Stored items from a collection:
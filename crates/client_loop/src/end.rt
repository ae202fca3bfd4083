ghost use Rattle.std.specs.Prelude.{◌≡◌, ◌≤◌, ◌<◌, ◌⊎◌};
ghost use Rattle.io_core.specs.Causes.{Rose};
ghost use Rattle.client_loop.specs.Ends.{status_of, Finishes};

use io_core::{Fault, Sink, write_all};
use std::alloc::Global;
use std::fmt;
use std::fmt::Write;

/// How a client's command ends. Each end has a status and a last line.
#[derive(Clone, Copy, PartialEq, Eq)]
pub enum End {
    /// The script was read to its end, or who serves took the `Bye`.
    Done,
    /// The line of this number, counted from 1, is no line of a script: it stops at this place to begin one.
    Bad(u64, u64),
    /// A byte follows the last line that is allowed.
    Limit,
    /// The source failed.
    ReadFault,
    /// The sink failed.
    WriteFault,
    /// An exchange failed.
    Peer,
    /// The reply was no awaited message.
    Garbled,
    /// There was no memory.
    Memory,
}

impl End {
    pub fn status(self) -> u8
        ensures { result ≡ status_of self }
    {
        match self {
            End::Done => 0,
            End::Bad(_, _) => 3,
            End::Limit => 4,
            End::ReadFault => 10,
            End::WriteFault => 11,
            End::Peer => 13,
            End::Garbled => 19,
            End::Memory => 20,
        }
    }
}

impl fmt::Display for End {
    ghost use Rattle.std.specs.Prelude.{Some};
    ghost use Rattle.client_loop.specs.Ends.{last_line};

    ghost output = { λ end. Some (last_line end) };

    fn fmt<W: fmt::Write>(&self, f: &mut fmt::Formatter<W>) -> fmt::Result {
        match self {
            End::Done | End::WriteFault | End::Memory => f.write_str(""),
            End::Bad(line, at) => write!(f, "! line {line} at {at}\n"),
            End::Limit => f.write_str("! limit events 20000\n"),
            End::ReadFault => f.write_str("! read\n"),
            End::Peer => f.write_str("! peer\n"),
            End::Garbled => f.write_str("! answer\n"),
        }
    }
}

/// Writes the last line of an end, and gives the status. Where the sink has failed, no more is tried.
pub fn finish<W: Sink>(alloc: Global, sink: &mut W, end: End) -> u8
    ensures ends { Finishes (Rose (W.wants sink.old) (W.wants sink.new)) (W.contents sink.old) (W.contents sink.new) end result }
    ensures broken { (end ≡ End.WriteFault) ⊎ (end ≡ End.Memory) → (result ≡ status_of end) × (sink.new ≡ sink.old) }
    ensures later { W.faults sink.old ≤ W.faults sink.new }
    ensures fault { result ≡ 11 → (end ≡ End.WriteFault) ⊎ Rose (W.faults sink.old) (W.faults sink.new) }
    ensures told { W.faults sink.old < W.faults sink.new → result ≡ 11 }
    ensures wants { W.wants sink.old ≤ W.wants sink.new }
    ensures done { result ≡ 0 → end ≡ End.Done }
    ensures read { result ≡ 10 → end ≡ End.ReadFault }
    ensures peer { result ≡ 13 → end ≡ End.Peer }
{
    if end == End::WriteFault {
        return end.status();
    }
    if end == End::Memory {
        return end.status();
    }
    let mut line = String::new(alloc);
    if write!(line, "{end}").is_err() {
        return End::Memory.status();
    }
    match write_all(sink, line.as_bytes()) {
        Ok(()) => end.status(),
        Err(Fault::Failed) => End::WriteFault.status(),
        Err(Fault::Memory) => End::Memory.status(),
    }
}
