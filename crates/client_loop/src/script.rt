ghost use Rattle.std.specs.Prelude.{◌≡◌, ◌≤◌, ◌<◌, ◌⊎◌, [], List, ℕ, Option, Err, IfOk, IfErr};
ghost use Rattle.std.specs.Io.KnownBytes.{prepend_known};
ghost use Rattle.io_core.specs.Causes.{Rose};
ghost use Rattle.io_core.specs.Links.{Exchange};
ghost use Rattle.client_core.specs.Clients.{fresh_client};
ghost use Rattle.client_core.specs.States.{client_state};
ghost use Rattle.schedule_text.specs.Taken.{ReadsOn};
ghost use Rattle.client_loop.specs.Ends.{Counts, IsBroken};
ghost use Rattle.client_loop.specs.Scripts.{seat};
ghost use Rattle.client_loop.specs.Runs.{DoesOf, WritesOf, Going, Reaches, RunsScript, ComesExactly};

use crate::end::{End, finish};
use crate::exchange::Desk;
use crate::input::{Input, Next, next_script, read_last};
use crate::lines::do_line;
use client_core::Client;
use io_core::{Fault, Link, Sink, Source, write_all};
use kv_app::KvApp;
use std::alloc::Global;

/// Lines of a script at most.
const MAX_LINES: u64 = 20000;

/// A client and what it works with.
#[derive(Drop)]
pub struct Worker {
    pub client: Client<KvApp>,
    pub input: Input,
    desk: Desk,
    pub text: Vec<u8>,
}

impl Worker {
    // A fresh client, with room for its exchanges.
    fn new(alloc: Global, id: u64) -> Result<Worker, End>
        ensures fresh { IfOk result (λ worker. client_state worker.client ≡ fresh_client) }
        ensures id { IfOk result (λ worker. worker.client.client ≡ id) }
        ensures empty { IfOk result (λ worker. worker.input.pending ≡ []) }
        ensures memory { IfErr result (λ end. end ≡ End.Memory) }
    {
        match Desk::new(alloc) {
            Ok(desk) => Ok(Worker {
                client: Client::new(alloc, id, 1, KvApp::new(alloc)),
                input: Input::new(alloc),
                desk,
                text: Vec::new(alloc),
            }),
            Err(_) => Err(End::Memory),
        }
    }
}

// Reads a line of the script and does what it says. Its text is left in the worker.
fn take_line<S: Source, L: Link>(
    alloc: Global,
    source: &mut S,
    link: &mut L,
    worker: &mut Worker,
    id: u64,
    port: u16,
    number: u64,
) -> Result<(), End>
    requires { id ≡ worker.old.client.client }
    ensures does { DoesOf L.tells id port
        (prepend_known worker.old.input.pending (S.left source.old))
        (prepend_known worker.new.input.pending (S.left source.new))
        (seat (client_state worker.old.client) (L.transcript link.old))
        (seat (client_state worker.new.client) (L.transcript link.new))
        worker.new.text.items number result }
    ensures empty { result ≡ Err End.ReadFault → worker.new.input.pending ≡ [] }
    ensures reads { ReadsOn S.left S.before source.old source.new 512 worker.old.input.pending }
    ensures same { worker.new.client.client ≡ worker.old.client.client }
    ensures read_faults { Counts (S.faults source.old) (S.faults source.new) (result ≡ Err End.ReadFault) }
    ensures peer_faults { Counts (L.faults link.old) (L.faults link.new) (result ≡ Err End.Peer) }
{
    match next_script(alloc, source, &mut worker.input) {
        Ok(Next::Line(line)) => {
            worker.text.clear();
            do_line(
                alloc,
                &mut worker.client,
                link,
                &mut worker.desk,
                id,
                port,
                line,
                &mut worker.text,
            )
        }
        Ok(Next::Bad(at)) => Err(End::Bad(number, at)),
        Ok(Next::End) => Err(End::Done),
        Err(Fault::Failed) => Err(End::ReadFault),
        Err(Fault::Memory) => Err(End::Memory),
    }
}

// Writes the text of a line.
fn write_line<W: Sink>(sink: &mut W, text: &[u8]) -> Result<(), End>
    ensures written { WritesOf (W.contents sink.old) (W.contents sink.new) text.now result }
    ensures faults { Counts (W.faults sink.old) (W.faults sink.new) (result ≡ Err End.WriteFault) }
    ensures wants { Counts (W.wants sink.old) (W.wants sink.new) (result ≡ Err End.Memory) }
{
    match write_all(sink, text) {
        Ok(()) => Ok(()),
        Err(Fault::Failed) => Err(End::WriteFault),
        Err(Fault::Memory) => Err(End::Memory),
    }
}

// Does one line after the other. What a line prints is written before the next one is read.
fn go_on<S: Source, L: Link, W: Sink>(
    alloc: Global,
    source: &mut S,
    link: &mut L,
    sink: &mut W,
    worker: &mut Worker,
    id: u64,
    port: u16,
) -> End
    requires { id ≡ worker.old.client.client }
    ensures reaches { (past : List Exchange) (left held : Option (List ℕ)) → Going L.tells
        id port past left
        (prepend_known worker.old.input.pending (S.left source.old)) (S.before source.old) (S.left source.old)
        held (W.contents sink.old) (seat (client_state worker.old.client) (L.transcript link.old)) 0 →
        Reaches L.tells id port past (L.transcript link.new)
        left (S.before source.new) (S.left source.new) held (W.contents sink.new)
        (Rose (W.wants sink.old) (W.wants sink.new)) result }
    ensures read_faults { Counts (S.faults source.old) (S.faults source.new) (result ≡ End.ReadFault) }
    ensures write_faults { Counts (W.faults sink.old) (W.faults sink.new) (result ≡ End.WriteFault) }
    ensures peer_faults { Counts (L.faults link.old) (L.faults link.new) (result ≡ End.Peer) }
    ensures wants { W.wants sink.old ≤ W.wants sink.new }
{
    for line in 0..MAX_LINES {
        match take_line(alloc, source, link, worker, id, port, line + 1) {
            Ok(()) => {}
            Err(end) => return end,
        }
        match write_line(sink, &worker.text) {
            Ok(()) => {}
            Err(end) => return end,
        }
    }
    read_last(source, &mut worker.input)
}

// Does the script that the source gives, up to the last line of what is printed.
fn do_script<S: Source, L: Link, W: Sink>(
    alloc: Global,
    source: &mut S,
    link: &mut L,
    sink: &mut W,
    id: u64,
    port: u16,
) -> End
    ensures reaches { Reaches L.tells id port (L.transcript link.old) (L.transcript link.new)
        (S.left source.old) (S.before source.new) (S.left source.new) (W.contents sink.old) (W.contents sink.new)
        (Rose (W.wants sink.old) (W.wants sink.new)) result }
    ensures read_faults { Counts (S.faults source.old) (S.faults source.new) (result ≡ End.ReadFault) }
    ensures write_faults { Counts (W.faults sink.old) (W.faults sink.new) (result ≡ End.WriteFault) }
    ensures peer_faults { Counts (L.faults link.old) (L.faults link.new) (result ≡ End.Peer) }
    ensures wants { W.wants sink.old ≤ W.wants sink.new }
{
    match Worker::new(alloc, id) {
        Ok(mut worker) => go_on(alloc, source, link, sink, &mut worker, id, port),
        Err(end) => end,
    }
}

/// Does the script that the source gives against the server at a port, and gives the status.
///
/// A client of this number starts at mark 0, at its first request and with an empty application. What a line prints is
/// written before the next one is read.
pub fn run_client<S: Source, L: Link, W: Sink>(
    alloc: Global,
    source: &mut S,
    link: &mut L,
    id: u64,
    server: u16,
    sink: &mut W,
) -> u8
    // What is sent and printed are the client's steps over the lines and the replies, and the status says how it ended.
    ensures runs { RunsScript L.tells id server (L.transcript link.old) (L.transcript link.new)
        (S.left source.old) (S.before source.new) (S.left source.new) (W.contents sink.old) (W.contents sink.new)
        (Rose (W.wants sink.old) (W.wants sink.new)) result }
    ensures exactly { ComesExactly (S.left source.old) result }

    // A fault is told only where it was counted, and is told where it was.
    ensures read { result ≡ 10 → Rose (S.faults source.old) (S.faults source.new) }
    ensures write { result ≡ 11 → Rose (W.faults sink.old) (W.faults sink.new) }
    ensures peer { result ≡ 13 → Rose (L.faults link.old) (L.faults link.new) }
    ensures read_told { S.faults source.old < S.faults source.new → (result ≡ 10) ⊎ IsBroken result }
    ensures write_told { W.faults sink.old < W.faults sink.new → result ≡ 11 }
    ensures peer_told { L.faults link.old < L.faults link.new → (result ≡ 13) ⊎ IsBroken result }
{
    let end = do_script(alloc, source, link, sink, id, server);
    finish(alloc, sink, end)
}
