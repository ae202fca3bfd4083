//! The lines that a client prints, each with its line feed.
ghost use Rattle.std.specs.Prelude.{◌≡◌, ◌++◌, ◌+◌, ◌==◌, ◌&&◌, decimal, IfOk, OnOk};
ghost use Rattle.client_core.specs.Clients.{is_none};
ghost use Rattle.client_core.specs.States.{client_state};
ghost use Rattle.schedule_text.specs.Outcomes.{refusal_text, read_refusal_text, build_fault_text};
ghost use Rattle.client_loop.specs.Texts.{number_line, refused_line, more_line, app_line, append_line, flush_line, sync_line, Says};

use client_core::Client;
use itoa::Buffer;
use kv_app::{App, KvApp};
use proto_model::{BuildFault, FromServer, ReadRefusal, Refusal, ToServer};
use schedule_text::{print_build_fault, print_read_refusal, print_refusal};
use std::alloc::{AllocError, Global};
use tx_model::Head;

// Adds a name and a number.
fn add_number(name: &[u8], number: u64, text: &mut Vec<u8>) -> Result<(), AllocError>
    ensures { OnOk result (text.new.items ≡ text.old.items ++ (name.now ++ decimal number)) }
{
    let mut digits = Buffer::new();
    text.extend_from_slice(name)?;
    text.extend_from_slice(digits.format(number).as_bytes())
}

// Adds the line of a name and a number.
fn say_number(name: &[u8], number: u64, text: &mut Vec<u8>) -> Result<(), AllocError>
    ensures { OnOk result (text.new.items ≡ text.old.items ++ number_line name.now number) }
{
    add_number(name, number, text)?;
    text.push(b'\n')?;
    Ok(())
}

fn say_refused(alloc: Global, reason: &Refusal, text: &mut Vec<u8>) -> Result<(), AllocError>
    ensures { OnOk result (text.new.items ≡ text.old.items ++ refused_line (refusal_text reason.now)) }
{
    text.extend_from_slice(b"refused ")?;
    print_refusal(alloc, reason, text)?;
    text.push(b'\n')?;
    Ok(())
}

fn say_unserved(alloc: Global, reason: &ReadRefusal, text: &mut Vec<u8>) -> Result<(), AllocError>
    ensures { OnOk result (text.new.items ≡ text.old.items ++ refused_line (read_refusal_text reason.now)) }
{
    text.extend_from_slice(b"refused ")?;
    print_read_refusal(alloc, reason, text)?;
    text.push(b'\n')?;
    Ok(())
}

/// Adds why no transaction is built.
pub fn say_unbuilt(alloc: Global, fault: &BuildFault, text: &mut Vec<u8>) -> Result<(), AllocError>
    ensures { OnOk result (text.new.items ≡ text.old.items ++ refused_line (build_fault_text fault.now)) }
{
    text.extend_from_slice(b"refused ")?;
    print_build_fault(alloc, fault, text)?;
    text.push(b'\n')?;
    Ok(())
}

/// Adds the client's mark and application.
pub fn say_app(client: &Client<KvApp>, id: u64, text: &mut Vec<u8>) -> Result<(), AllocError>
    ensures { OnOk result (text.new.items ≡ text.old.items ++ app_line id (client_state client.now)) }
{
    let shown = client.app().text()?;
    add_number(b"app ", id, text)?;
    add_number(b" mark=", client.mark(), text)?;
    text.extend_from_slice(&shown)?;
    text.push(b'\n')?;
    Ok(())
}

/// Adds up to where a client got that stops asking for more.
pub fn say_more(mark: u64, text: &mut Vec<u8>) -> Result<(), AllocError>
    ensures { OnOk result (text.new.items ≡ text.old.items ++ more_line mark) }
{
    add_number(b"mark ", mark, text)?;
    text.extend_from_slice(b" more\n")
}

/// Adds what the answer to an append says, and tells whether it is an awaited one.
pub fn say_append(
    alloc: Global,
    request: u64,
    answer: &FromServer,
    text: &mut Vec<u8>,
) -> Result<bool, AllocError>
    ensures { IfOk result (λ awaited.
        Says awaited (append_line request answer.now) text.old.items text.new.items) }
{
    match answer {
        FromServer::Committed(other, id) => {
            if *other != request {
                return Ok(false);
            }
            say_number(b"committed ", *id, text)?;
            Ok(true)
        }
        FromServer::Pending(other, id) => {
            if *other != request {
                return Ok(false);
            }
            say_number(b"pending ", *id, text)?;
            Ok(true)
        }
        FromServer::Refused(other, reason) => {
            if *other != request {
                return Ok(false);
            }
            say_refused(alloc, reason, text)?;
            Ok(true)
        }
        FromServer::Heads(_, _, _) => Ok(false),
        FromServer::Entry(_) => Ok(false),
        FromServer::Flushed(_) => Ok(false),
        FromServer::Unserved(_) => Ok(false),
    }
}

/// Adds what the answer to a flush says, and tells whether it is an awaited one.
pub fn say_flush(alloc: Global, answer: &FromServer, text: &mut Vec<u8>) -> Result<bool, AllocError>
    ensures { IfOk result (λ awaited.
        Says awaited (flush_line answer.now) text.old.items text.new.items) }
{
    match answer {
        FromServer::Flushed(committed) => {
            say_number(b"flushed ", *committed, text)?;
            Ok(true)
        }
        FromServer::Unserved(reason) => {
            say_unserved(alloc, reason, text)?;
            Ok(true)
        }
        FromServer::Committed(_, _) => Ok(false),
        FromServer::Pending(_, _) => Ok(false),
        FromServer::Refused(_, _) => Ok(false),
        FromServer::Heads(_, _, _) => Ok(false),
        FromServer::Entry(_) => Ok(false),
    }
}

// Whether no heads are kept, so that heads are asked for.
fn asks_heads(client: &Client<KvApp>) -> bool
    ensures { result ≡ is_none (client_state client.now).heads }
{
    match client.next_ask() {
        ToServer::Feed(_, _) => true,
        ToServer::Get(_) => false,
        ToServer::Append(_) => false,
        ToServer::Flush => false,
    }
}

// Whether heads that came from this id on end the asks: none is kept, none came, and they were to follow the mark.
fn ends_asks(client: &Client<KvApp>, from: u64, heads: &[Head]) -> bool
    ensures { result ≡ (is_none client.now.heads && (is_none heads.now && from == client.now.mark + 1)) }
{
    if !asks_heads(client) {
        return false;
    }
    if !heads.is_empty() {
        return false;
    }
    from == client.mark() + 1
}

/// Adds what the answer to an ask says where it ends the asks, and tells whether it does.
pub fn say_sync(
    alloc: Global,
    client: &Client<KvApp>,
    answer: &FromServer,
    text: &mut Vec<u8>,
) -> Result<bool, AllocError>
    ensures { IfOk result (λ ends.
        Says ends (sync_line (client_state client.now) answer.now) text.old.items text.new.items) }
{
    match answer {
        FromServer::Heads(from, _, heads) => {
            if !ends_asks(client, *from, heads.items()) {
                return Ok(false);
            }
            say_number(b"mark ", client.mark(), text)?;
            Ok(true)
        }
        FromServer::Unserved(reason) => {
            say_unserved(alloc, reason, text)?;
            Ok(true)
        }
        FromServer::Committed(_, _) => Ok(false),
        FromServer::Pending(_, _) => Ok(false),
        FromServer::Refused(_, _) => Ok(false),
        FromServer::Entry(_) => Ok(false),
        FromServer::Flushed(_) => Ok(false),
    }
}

Exercise objective: All that belongs in the answer is the lines from the start of the entries above through the line containing "pub fn finish<W: Sink>(alloc: Global, sink: &mut", each given exactly.

Expected answer:
filename crates/client_loop/src/end.rt
repository ae202fca3bfd4083
ghost use Rattle.std.specs.Prelude.{◌≡◌, ◌≤◌, ◌<◌, ◌⊎◌};
ghost use Rattle.io_core.specs.Causes.{Rose};
ghost use Rattle.client_loop.specs.Ends.{status_of, Finishes};

use io_core::{Fault, Sink, write_all};
use std::alloc::Global;
use std::fmt;
use std::fmt::Write;

/// How a client's command ends. Each end has a status and a last line.
#[derive(Clone, Copy, PartialEq, Eq)]
pub enum End {
    /// The script was read to its end, or who serves took the `Bye`.
    Done,
    /// The line of this number, counted from 1, is no line of a script: it stops at this place to begin one.
    Bad(u64, u64),
    /// A byte follows the last line that is allowed.
    Limit,
    /// The source failed.
    ReadFault,
    /// The sink failed.
    WriteFault,
    /// An exchange failed.
    Peer,
    /// The reply was no awaited message.
    Garbled,
    /// There was no memory.
    Memory,
}

impl End {
    pub fn status(self) -> u8
        ensures { result ≡ status_of self }
    {
        match self {
            End::Done => 0,
            End::Bad(_, _) => 3,
            End::Limit => 4,
            End::ReadFault => 10,
            End::WriteFault => 11,
            End::Peer => 13,
            End::Garbled => 19,
            End::Memory => 20,
        }
    }
}

impl fmt::Display for End {
    ghost use Rattle.std.specs.Prelude.{Some};
    ghost use Rattle.client_loop.specs.Ends.{last_line};

    ghost output = { λ end. Some (last_line end) };

    fn fmt<W: fmt::Write>(&self, f: &mut fmt::Formatter<W>) -> fmt::Result {
        match self {
            End::Done | End::WriteFault | End::Memory => f.write_str(""),
            End::Bad(line, at) => write!(f, "! line {line} at {at}\n"),
            End::Limit => f.write_str("! limit events 20000\n"),
            End::ReadFault => f.write_str("! read\n"),
            End::Peer => f.write_str("! peer\n"),
            End::Garbled => f.write_str("! answer\n"),
        }
    }
}

/// Writes the last line of an end, and gives the status. Where the sink has failed, no more is tried.
pub fn finish<W: Sink>(alloc: Global, sink: &mut W, end: End) -> u8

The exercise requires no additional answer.